Member of Parliament, Rajya Sabha
- In office 1953–1962
- Constituency: Andhra Pradesh

Personal details
- Born: 15 May 1923 Gavarapalem, Anakapalli, Visakhapatnam, Madras Presidency, British India
- Died: 1978 (aged 54–55)
- Party: Swatantra Party, Krishikar Lok Party
- Other political affiliations: Indian National Congress

= Villuri Venkataramana =

Indian politician (1923–1978)

Villuri Venkataramana (15 May 1923 – 1978) was an Indian politician and farmers leader from Andhra Pradesh. He served as a Member of Parliament representing Andhra Pradesh in the Rajya Sabha from 1953 to 1962, the upper house of India's Parliament, as a member of the Indian National Congress. Venkataramana died in 1978.

== Early life ==
Venkataramana was born on 15 May 1923 in Gavarapalem, Anakapalli, then part of the Madras Presidency.

== Political career ==
Venkataramana was first elected to the Rajya Sabha at the age of 31. He served two terms there. He gained experience working under political stalwarts like Jawaharlal Nehru, Babu Jagjeevan Ram, Sarvepalli Radhakrishnan, and Lal Bahadur Shastri. He was a devoted disciple of N.G. Ranga and Gouthu Latchanna. Despite being critical of the Congress for its governance failures, he also invested in farmers' welfare. He transitioned from representing the Swatantra Party to the Krishikar Lok Party. Throughout his career, he remained committed to his ideologies. He thrice ran for parliament from the Anakapalli constituency, in 1962, 1967, and 1971. He lost to Missula SuryaNarayana Murti by 16,010 votes in 1962, then by 3,024 votes in 1967, and finally to S.R.A.S. Appala Naidu by 146,094 votes. Despite offers from the Congress for central ministerial positions, he remained steadfast in his ideologies and continued his association with the Krishikar Lok Party.

== Rail yatra ==
For the first time in India, he traveled to Delhi with farmers and facilitated a meeting with the President.

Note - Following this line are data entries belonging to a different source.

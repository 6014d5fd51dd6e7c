//! What Memory Manager makes of its commands' words.
ghost use Rattle.std.specs.Prelude.{◌≡◌, ℕ, List, [], ◌∷◌, Option, Ok, true, false, map, codes, slice_index};
ghost use Rattle.packet_forms.specs.Built.{command_of};
ghost use Rattle.packet_forms.specs.MessageIds.{mm_command, mm_request};
ghost use Rattle.mm_core.specs.Messages.{mm_codes};
ghost use Rattle.mm_core.specs.Instructions.{mm_language};
ghost use Rattle.mm_core.specs.Decoded.{to_dump, to_fill, to_load_file, to_nothing, to_peek, to_poke, to_protect};
ghost use Rattle.telecommands.specs.Commands.{command_said};
ghost use Rattle.telecommands.specs.Dictionary.{dictionary};
ghost use Rattle.telecommand_decoding.specs.Decoding.{Decodes, codes_of, fields_of};
ghost use Rattle.telecommand_decoding.specs.Loads.{IsLoadDecoded};
ghost use Rattle.row_forms.specs.RowNumbers.{numbers_said};

/// The dictionary has exactly the codes that Memory Manager takes, and the request for its housekeeping. Whatever words stand behind a
/// command's name, the packet that they say is decoded as this instruction with the numbers that they say, in their order.
pub fn mm_words_are_decoded()
    ensures codes { codes_of mm_command ≡ map (λ row. row.0) mm_codes }
    ensures request { (epoch : Option ℕ) (n : ℕ)
        → command_said epoch n dictionary (codes "mm.housekeeping" ∷ [])
        ≡ Ok (command_of mm_request 0 []) }
    ensures requests { codes_of mm_request ≡ 0 ∷ [] }
    ensures no_op { Decodes mm_language (codes "mm.no_op") 0 (λ ns. to_nothing) }
    ensures reset_counts { Decodes mm_language (codes "mm.reset_counts") 1 (λ ns. to_nothing) }
    ensures peek { Decodes mm_language (codes "mm.peek") 2
        (λ ns. to_peek (slice_index ns 0) (slice_index ns 1)) }
    ensures poke { Decodes mm_language (codes "mm.poke") 3
        (λ ns. to_poke (slice_index ns 0) (slice_index ns 1) (slice_index ns 2)) }
    ensures load { (epoch : Option ℕ) (n : ℕ) (ws : List (List ℕ)) (packet : List ℕ)
        → command_said epoch n dictionary (codes "mm.load" ∷ ws) ≡ Ok packet
        → IsLoadDecoded (numbers_said epoch (fields_of (codes "mm.load")) ws) packet }
    ensures load_file { Decodes mm_language (codes "mm.load_file") 5
        (λ ns. to_load_file (slice_index ns 0)) }
    ensures fill { Decodes mm_language (codes "mm.fill") 8
        (λ ns. to_fill (slice_index ns 0) (slice_index ns 1) (slice_index ns 2)) }
    ensures eeprom_enable { Decodes mm_language (codes "mm.eeprom_enable") 11
        (λ ns. to_protect (slice_index ns 0) false) }
    ensures eeprom_disable { Decodes mm_language (codes "mm.eeprom_disable") 12
        (λ ns. to_protect (slice_index ns 0) true) }
    ensures dump { Decodes mm_language (codes "mm.dump") 13
        (λ ns. to_dump (slice_index ns 0) (slice_index ns 1)) }
{}
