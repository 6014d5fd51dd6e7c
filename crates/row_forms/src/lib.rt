//! Rows: words `KEY=VALUE` of a line, and the bytes that they say.
#![tactic(auto)]

mod fault;
mod field;
pub mod laws;
mod numbers;
mod parts;
mod rows;
mod values;
mod words;

pub use fault::{ReadError, Reason, RowFault};
pub use field::{Choice, Field, Kind, Spelling, Width};
pub use parts::{push_decimal, push_hex, push_zeros};
pub use rows::{behind_key, is_row, read_row, show_row};
pub use values::read_block;
pub use words::{number, split_word};
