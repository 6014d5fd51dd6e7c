//! What the definitions give in small cases, and the sentence that they make of the countdown. The functions do nothing: their contracts
//! are the laws. The rows' bytes are written by hand.
ghost use Rattle.std.specs.Prelude.{◌≡◌, ◌<◌, ◌-◌, ◌++◌, ◌∷◌, [], ℕ, Bool, true, false, if◌then◌else◌, List, length, map, replicate, slice_set, Some};
ghost use Rattle.bus_pipes.specs.declared.names.Out.TheVariants as outs;
ghost use Rattle.histories.specs.Entries.{wakeups};
ghost use Rattle.histories.specs.Entries.Entry.{Woken, Activated};
ghost use Rattle.commands.specs.Rows.{numbers_of_rows};
ghost use Rattle.commands.specs.Verdicts.{verdict_at};
ghost use Rattle.commands.specs.declared.verdicts.Verdict.TheVariants.{Other, Request, Refused, Accepted};
ghost use Rattle.hs_actions.specs.Outcomes.{act_at};
ghost use Rattle.hs_actions.specs.State.{left_of};
ghost use Rattle.hs_actions.specs.Rows.{load_bytes, noop_bytes, hs_event, late_event, one_act};
ghost use Rattle.hs_monitors.specs.declared.instructions.Instruction.TheVariants.{Plain, Monitor, Listen, Clear, Limit};
ghost use Rattle.hs_monitors.specs.Histories.{HsEntry, Setup};
ghost use Rattle.hs_monitors.specs.Histories.Activation.{Apps};
ghost use Rattle.hs_monitors.specs.Messages.{hs_codes};
ghost use Rattle.hs_monitors.specs.Verdicts.{hs_protocol};
ghost use Rattle.hs_monitors.specs.Acting.{acts, countdown_of};
ghost use Rattle.hs_monitors.specs.Events.{is_event, is_matched};
ghost use Rattle.hs_monitors.specs.Housekeeping.{watching_bits, housekeeping_of};
ghost use Rattle.hs_monitors.specs.Step.{hs_items, resets_made, resets_maximum};
ghost use Rattle.hs_monitors.specs.Cooldowns.{sendings_of, last_leaves};
ghost use Rattle.hs_monitors.specs.Rows.{cam_bytes, hs_info, load_event, enable, disable, deafen, clear, limit_none, request, load_row, load_rows, seven_rows, setup_with, watching, listening, wakeup, load_at, counted, saw, heard, wrong_request, long_request, reset_counts, longest_bytes, longest_event, ends_watched, last_heard, shown};

/// An entry with the cycle count n acts in exactly the check in which its countdown goes from above zero to zero, and in no later check of
/// the watch. The countdown begins at n; each changed check sets it to n, and each other one takes one off it.
pub fn acts_where_the_countdown_ends()
    ensures ends { (n : ℕ) (earlier : List Bool) (this : Bool) → 0 < n → acts n earlier this ≡ true
        → (0 < countdown_of n earlier) × (countdown_of n (earlier ++ this ∷ []) ≡ 0) }
    ensures there { (n : ℕ) (earlier : List Bool) (this : Bool) → 0 < n → 0 < countdown_of n earlier
        → countdown_of n (earlier ++ this ∷ []) ≡ 0 → acts n earlier this ≡ true }
    ensures once { (n : ℕ) (earlier later : List Bool) (this that : Bool)
        → acts n earlier this ≡ true → acts n ((earlier ++ this ∷ []) ++ later) that ≡ false }
    ensures begins { (n : ℕ) → countdown_of n [] ≡ n }
    ensures steps { (n : ℕ) (earlier : List Bool) (this : Bool) → 0 < n → 0 < countdown_of n earlier
        → countdown_of n (earlier ++ this ∷ []) ≡ (if this then n else countdown_of n earlier - 1) }
{}

/// What is left of the cooldown of a message action behind a history is its number in the table less the wakeups since the last sending,
/// and 0 where nothing was sent or more wakeups went by.
pub fn cooldown_counts_from_the_last_sending()
    ensures { (setup : Setup) (history : List HsEntry) (place : ℕ)
        → left_of (act_at setup.tables.acts place).cooldown (length (wakeups history))
        (sendings_of setup history place) ≡ last_leaves (act_at setup.tables.acts place).cooldown
        (length (wakeups history)) (sendings_of setup history place) }
{}

/// A monitor with the cycle count 1 acts in its first check where the counter is 0, and in no later one.
pub fn first_check_acts()
    ensures first { hs_items (watching 1 3) [] (counted 0 0) ≡ outs.Made (hs_event 103 0xE8) ∷ [] }
    ensures second { hs_items (watching 1 3) (saw 0 (0 ∷ [])) (counted 1 0) ≡ [] }
{}

/// A counter that stalls makes its monitor act once, in the third unchanged check of three. A missing counter is unchanged, one that jumps
/// back is changed, and of two with one name the first counts.
pub fn stalled_counter_acts_once()
    ensures first { hs_items (watching 3 2) [] (counted 0 5) ≡ [] }
    ensures third { hs_items (watching 3 2) (saw 0 (5 ∷ 5 ∷ [])) (counted 2 6) ≡ [] }
    ensures before { hs_items (watching 3 2) (saw 0 (5 ∷ 5 ∷ 6 ∷ 6 ∷ [])) (counted 4 6) ≡ [] }
    ensures acts { hs_items (watching 3 2) (saw 0 (5 ∷ 5 ∷ 6 ∷ 6 ∷ 6 ∷ [])) (counted 5 6)
        ≡ outs.Made (hs_event 102 0xED) ∷ outs.Restart load_bytes ∷ [] }
    ensures after { hs_items (watching 3 2) (saw 0 (5 ∷ 5 ∷ 6 ∷ 6 ∷ 6 ∷ 6 ∷ [])) (counted 6 6)
        ≡ [] }
    ensures missing { hs_items (watching 2 2) (Woken (counted 0 5) ∷ Woken (wakeup 1 [] [] [])
        ∷ []) (counted 2 5) ≡ outs.Made (hs_event 102 0xEA) ∷ outs.Restart load_bytes ∷ [] }
    ensures back { hs_items (watching 1 2) (saw 0 (5 ∷ [])) (counted 1 4) ≡ [] }
    ensures twice { hs_items (watching 1 2) (saw 0 (5 ∷ [])) (wakeup 1 [] [] (load_at 5 ∷ load_at 6
        ∷ [])) ≡ outs.Made (hs_event 102 0xE9) ∷ outs.Restart load_bytes ∷ [] }
{}

/// An enable command begins the watch anew; so does the activation of a table. Enabled and then disabled a wakeup is no check, disabled and
/// then enabled it is one.
pub fn enable_refreshes()
    ensures ordered { hs_items (watching 3 2) (saw 0 (5 ∷ 5 ∷ 6 ∷ 6 ∷ [])) (wakeup 4 (enable
        ∷ []) [] (load_at 6 ∷ [])) ≡ outs.Made (hs_info 18 0xEC) ∷ [] }
    ensures before { hs_items (watching 3 2) (saw 0 (5 ∷ 5 ∷ 6 ∷ 6 ∷ [])
        ++ Woken (wakeup 4 (enable ∷ []) [] (load_at 6 ∷ [])) ∷ saw 5 (6 ∷ [])) (counted 6 6) ≡ [] }
    ensures acts { hs_items (watching 3 2) (saw 0 (5 ∷ 5 ∷ 6 ∷ 6 ∷ [])
        ++ Woken (wakeup 4 (enable ∷ []) [] (load_at 6 ∷ [])) ∷ saw 5 (6 ∷ 6 ∷ [])) (counted 7 6)
        ≡ outs.Made (hs_event 102 0xEF) ∷ outs.Restart load_bytes ∷ [] }
    ensures activated { hs_items (watching 10 3) (saw 0 (7 ∷ 7 ∷ [])
        ++ Activated (Apps (load_rows 1 31 1 3)) ∷ []) (counted 2 7) ≡ [] }
    ensures activated_acts { hs_items (watching 10 3) (saw 0 (7 ∷ 7 ∷ [])
        ++ Activated (Apps (load_rows 1 31 1 3)) ∷ saw 2 (7 ∷ [])) (counted 3 7)
        ≡ outs.Made (hs_event 103 0xEB) ∷ [] }
    ensures off { hs_items (watching 1 2) [] (wakeup 0 (enable ∷ disable ∷ []) [] (load_at 0 ∷ []))
        ≡ outs.Made (hs_info 18 0xE8) ∷ outs.Made (hs_info 19 0xE8) ∷ [] }
    ensures on { hs_items (watching 1 2) [] (wakeup 0 (disable ∷ enable ∷ []) [] (load_at 0 ∷ []))
        ≡ outs.Made (hs_info 19 0xE8) ∷ outs.Made (hs_info 18 0xE8) ∷ outs.Made (hs_event 102 0xE8)
        ∷ outs.Restart load_bytes ∷ [] }
    ensures still_off { hs_items (watching 1 2) (Woken (wakeup 0 (disable ∷ []) [] (load_at 0 ∷ []))
        ∷ []) (counted 1 0) ≡ [] }
{}

/// With a cooldown of 2 and two entries that match in each of the wakeups 1, 2 and 3 the message action goes in the first and the third.
pub fn cooldown_spaces_message_actions()
    ensures first { hs_items listening (Woken (wakeup 0 [] [] []) ∷ []) (heard 1)
        ≡ outs.Stored noop_bytes ∷ outs.Made (hs_event 114 0xE9) ∷ [] }
    ensures second { hs_items listening (Woken (wakeup 0 [] [] []) ∷ Woken (heard 1) ∷ []) (heard 2)
        ≡ [] }
    ensures third { hs_items listening (Woken (wakeup 0 [] [] []) ∷ Woken (heard 1)
        ∷ Woken (heard 2) ∷ []) (heard 3) ≡ outs.Stored noop_bytes ∷ outs.Made (hs_event 114 0xEB)
        ∷ [] }
    ensures deaf { hs_items listening [] (wakeup 0 (deafen ∷ []) (load_event 7 ∷ []) [])
        ≡ outs.Made (hs_info 21 0xE8) ∷ [] }
    ensures other { hs_items listening [] (wakeup 0 [] (load_event 8 ∷ []) []) ≡ [] }
{}
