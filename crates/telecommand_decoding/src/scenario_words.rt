//! The words of rows beside those of a scenario.
ghost use Rattle.std.specs.Prelude.{◌≡◌, ℕ, List};
ghost use Rattle.row_forms.specs.Words.{words, number, hex_said, name_said};
ghost use Rattle.scenario.specs.Words.{words as scenario_words, number as scenario_number, hex as scenario_hex, name_said as scenario_name};

/// A row's line is cut into words, and its numbers, bytes in hexadecimal digits and names are read, as a scenario's are.
pub fn words_are_a_scenarios()
    ensures words { (line : List ℕ) → words line ≡ scenario_words line }
    ensures numbers { (most : ℕ) (word : List ℕ) → number most word ≡ scenario_number most word }
    ensures bytes { (word : List ℕ) → hex_said word ≡ scenario_hex word }
    ensures names { (word : List ℕ) → name_said word ≡ scenario_name word }
{}
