//! Numbers of one, two and four bytes, and how they are written.
ghost use Rattle.std.specs.Prelude.{◌≡◌, ◌≤◌, ◌<◌, ◌+◌, ◌^◌, ◌++◌, length, map, decimal, false, IfSome, OnOk};
ghost use Rattle.row_forms.specs.Lists.{parts, listed, behind_comma};
ghost use Rattle.row_forms.specs.Words.{at_most};
ghost use Rattle.row_forms.specs.Numbers.{bytes_of, number_bytes, number_at, choice_said, choice_shown, bit_said, bits_said, mask_said, bits_of, mask_shown, span_of, span_said, behind_epoch, time_said, number_said, number_shown};

use crate::field::{Choice, Spelling, Width};
use crate::parts::{push_decimal, push_hex, split_part};
use crate::words::{digits, number};
use packet_forms::{be16, be32, behind, front};
use std::alloc::AllocError;

/// Appends the bytes of a number, the most significant first.
#[tactic(auto, unfolding(packet_forms::specs::Numbers::be16_bytes, packet_forms::specs::Numbers::be32_bytes))]
pub(crate) fn push_number(width: Width, number: u32, out: &mut Vec<u8>) -> Result<(), AllocError>
    ensures { OnOk result (out.new.items ≡ out.old.items ++ number_bytes width number) }
{
    let [a, b, c, d] = number.to_be_bytes();
    match width {
        Width::U8 => out.extend_from_slice(&[d]),
        Width::U16 => out.extend_from_slice(&[c, d]),
        Width::U32 => out.extend_from_slice(&[a, b, c, d]),
    }
}

/// The number of the first bytes.
fn number_at(width: Width, bytes: &[u8]) -> u32
    requires { bytes_of width ≤ length bytes.now }
    ensures { result ≡ number_at width bytes.now }
{
    match width {
        Width::U8 => u32::from(bytes[0]),
        Width::U16 => u32::from(be16(bytes, 0)),
        Width::U32 => be32(bytes, 0),
    }
}

/// The number, where it isn't over the largest one that is wanted.
fn at_most(most: u32, number: u64) -> Option<u32>
    ensures value { result ≡ at_most most number }
    ensures bound { IfSome result (λ n. n ≤ most) }
{
    if number <= u64::from(most) {
        return Some(number as u32);
    }
    None
}

/// The number of the first choice with this text; else the number that the text writes.
pub(crate) fn choice_number(choices: &[Choice], most: u32, text: &[u8]) -> Option<u32>
    ensures value { result ≡ choice_said most choices.now text.now }
    ensures bound { IfSome result (λ n. n ≤ most) }
{
    for choice in choices {
        if choice.text.as_bytes() == text {
            return at_most(most, u64::from(choice.number));
        }
    }
    number(most, text)
}

/// Appends the text of the first choice with this number; else the decimal digits.
pub(crate) fn push_choice(
    choices: &[Choice],
    number: u32,
    out: &mut Vec<u8>,
) -> Result<(), AllocError>
    ensures { OnOk result (out.new.items ≡ out.old.items ++ choice_shown choices.now number) }
{
    for choice in choices {
        if choice.number == number {
            return out.extend_from_slice(choice.text.as_bytes());
        }
    }
    push_decimal(number, out)
}

/// The number of a bit that comes behind another one.
fn bit_number(bits: u32, last: u32, text: &[u8]) -> Option<u32>
    ensures value { result ≡ bit_said bits last text.now }
    ensures above { IfSome result (λ bit. last < bit) }
    ensures within { IfSome result (λ bit. bit ≤ bits) }
{
    match number(bits, text) {
        Some(bit) if last < bit => Some(bit),
        _ => None,
    }
}

/// Bits of rising numbers behind the last one, as a number.
fn bits_number(bits: u32, last: u32, text: &[u8]) -> Option<u32>
    requires { bits ≤ 32 }
    ensures value { result ≡ bits_said bits last (parts text.now) }
    ensures bound { IfSome result (λ n. n + 2 ^ last ≤ 2 ^ bits) }
{
    let (part, rest) = split_part(text);
    let Some(bit) = bit_number(bits, last, part) else {
        return None;
    };
    let value: u32 = 1 << (bit - 1);
    let Some(rest) = rest else {
        return Some(value);
    };
    match bits_number(bits, bit, rest) {
        Some(more) => Some(value + more),
        None => None,
    }
}

/// The number that a mask says: `none`, or the numbers of its bits between commas.
#[tactic(auto, unfolding(crate::specs::Numbers::mask_said))]
fn mask_number(bits: u32, text: &[u8]) -> Option<u32>
    requires { bits ≤ 32 }
    ensures value { result ≡ mask_said bits text.now }
    ensures bound { IfSome result (λ n. n < 2 ^ bits) }
{
    if text == b"none".as_slice() {
        return Some(0);
    }
    bits_number(bits, 0, text)
}

/// Appends the numbers of the bits that are 1, of so many bits, the first of which has the number `first`.
fn push_bits(bits: u32, number: u32, out: &mut Vec<u8>) -> Result<(), AllocError>
    ensures { OnOk result (out.new.items ≡ out.old.items
        ++ listed false (map decimal (bits_of bits 1 number))) }
{
    let mut rest = number;
    let mut led = false;
    for bit in 0..bits {
        if rest % 2 == 1 {
            push_bit(led, bit + 1, out)?;
            led = true;
        }
        rest /= 2;
    }
    Ok(())
}

/// Appends the number of a bit, with a comma in front where another one stands before it.
fn push_bit(led: bool, bit: u32, out: &mut Vec<u8>) -> Result<(), AllocError>
    ensures { OnOk result (out.new.items ≡ out.old.items ++ behind_comma led (decimal bit)) }
{
    if led {
        out.push(b',')?;
    }
    push_decimal(bit, out)
}

/// Appends the text of a mask.
#[tactic(auto, unfolding(crate::specs::Numbers::mask_shown))]
fn push_mask(bits: u32, number: u32, out: &mut Vec<u8>) -> Result<(), AllocError>
    ensures { OnOk result (out.new.items ≡ out.old.items ++ mask_shown bits number) }
{
    if number == 0 {
        return out.extend_from_slice(b"none");
    }
    push_bits(bits, number, out)
}

/// The seconds of so many hours, minutes under 60 and seconds under 60.
fn span_of(hours: Option<u64>, minutes: Option<u64>, seconds: Option<u64>) -> Option<u64>
    requires { IfSome hours (λ n. n < 16 ^ 10) }
    ensures value { result ≡ span_of hours minutes seconds }
    ensures bound { IfSome result (λ n. n < 2 ^ 60) }
{
    match (hours, minutes, seconds) {
        (Some(hours), Some(minutes), Some(seconds)) if minutes < 60 && seconds < 60 => {
            Some(3600 * hours + 60 * minutes + seconds)
        }
        _ => None,
    }
}

/// The seconds that `H:MM:SS` says, with 1 to 5 digits of hours.
#[tactic(auto, unfolding(crate::specs::Numbers::span_said))]
fn span(text: &[u8]) -> Option<u64>
    ensures value { result ≡ span_said text.now }
    ensures bound { IfSome result (λ n. n < 2 ^ 60) }
{
    let end = text.len();
    if end < 7 || text[end - 6] != b':' || text[end - 3] != b':' {
        return None;
    }
    let hours = digits(10, 5, front(text, end - 6));
    let minutes = digits(10, 2, front(behind(text, end - 5), 2));
    let seconds = digits(10, 2, behind(text, end - 2));
    span_of(hours, minutes, seconds)
}

/// A time so many seconds behind the epoch.
fn behind_epoch(most: u32, epoch: Option<u32>, span: Option<u64>) -> Option<u32>
    requires { IfSome span (λ n. n < 2 ^ 60) }
    ensures value { result ≡ behind_epoch most epoch span }
    ensures bound { IfSome result (λ n. n ≤ most) }
{
    match (epoch, span) {
        (Some(epoch), Some(span)) => at_most(most, u64::from(epoch) + span),
        _ => None,
    }
}

/// A time: a number of seconds, or `+H:MM:SS` behind the epoch.
#[tactic(auto, unfolding(crate::specs::Numbers::time_said))]
fn time_number(epoch: Option<u32>, most: u32, text: &[u8]) -> Option<u32>
    ensures value { result ≡ time_said epoch most text.now }
    ensures bound { IfSome result (λ n. n ≤ most) }
{
    if !text.is_empty() && text[0] == b'+' {
        return behind_epoch(most, epoch, span(behind(text, 1)));
    }
    number(most, text)
}

/// The number that a text says.
pub(crate) fn number_said(
    epoch: Option<u32>,
    width: Width,
    spelling: &Spelling,
    text: &[u8],
) -> Option<u32>
    ensures value { result ≡ number_said epoch width spelling.now text.now }
{
    match spelling {
        Spelling::Decimal | Spelling::Hex => number(width.most(), text),
        Spelling::Choice(choices) => choice_number(choices, width.most(), text),
        Spelling::Mask => mask_number(8 * width.bytes() as u32, text),
        Spelling::Time => time_number(epoch, width.most(), text),
    }
}

/// Appends the text of a number, whose bytes these are.
pub(crate) fn push_text(
    width: Width,
    spelling: &Spelling,
    bytes: &[u8],
    out: &mut Vec<u8>,
) -> Result<(), AllocError>
    requires { bytes_of width ≤ length bytes.now }
    ensures { OnOk result (out.new.items ≡ out.old.items
        ++ number_shown width spelling.now (number_at width bytes.now) bytes.now) }
{
    let number = number_at(width, bytes);
    match spelling {
        Spelling::Decimal | Spelling::Time => push_decimal(number, out),
        Spelling::Hex => {
            out.extend_from_slice(b"0x")?;
            push_hex(bytes, out)
        }
        Spelling::Choice(choices) => push_choice(choices, number, out),
        Spelling::Mask => push_mask(8 * width.bytes() as u32, number, out),
    }
}
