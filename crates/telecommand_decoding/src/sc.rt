//! What Stored Command makes of its commands' words.
ghost use Rattle.std.specs.Prelude.{◌≡◌, ℕ, [], ◌∷◌, Option, Ok, map, codes, slice_index};
ghost use Rattle.packet_forms.specs.Built.{command_of};
ghost use Rattle.packet_forms.specs.MessageIds.{sc_command, sc_request};
ghost use Rattle.sc_sequences.specs.Messages.{sc_codes};
ghost use Rattle.sc_sequences.specs.Instructions.{sc_language};
ghost use Rattle.sc_sequences.specs.Decoded.{to_disable_rts, to_enable_rts, to_jump_ats, to_nothing, to_start_ats, to_start_rts, to_stop_ats, to_stop_rts, to_switch_ats};
ghost use Rattle.telecommands.specs.Commands.{command_said};
ghost use Rattle.telecommands.specs.Dictionary.{dictionary};
ghost use Rattle.telecommand_decoding.specs.Decoding.{Decodes, codes_of};

/// The dictionary has exactly the codes that Stored Command takes, and the request for its housekeeping. Whatever words stand behind a
/// command's name, the packet that they say is decoded as this instruction with the numbers that they say, in their order.
pub fn sc_words_are_decoded()
    ensures codes { codes_of sc_command ≡ map (λ row. row.0) sc_codes }
    ensures request { (epoch : Option ℕ) (n : ℕ)
        → command_said epoch n dictionary (codes "sc.housekeeping" ∷ [])
        ≡ Ok (command_of sc_request 0 []) }
    ensures requests { codes_of sc_request ≡ 0 ∷ [] }
    ensures no_op { Decodes sc_language (codes "sc.no_op") 0 (λ ns. to_nothing) }
    ensures reset_counts { Decodes sc_language (codes "sc.reset_counts") 1 (λ ns. to_nothing) }
    ensures start_ats { Decodes sc_language (codes "sc.start_ats") 2
        (λ ns. to_start_ats (slice_index ns 0)) }
    ensures stop_ats { Decodes sc_language (codes "sc.stop_ats") 3 (λ ns. to_stop_ats) }
    ensures start_rts { Decodes sc_language (codes "sc.start_rts") 4
        (λ ns. to_start_rts (slice_index ns 0)) }
    ensures stop_rts { Decodes sc_language (codes "sc.stop_rts") 5
        (λ ns. to_stop_rts (slice_index ns 0)) }
    ensures disable_rts { Decodes sc_language (codes "sc.disable_rts") 6
        (λ ns. to_disable_rts (slice_index ns 0)) }
    ensures enable_rts { Decodes sc_language (codes "sc.enable_rts") 7
        (λ ns. to_enable_rts (slice_index ns 0)) }
    ensures switch_ats { Decodes sc_language (codes "sc.switch_ats") 8 (λ ns. to_switch_ats) }
    ensures jump_ats { Decodes sc_language (codes "sc.jump_ats") 9
        (λ ns. to_jump_ats (slice_index ns 0)) }
{}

== VV Ramana Cooperative Sugars ==

Venkataramana was active in organizing farmers in the Anakapalle region. According to published accounts, when the Thummapala Sugars factory was scheduled for auction, he organized local farmers to raise funds to acquire the factory. The cooperative reportedly purchased the factory for ₹2.7 million (27 lakh rupees) and subsequently converted it into a cooperative sugar factory.

The cooperative sugar factory was later renamed VV Ramana Cooperative Sugars in his honor by the Government of Andhra Pradesh during the tenure of Chief Minister Y. S. Rajasekhara Reddy.

Several farmers' organizations in Anakapalle, including the Gowri Pradamika Seva Sangam and the Anakapalle Rythu Sangam, were also named in his honor in recognition of his contributions to the cooperative movement and the welfare of farmers.

== Festival ==
A temple is built in the Gavarapalem area of Anakapalle in his memory, and a festival is held there in January every year.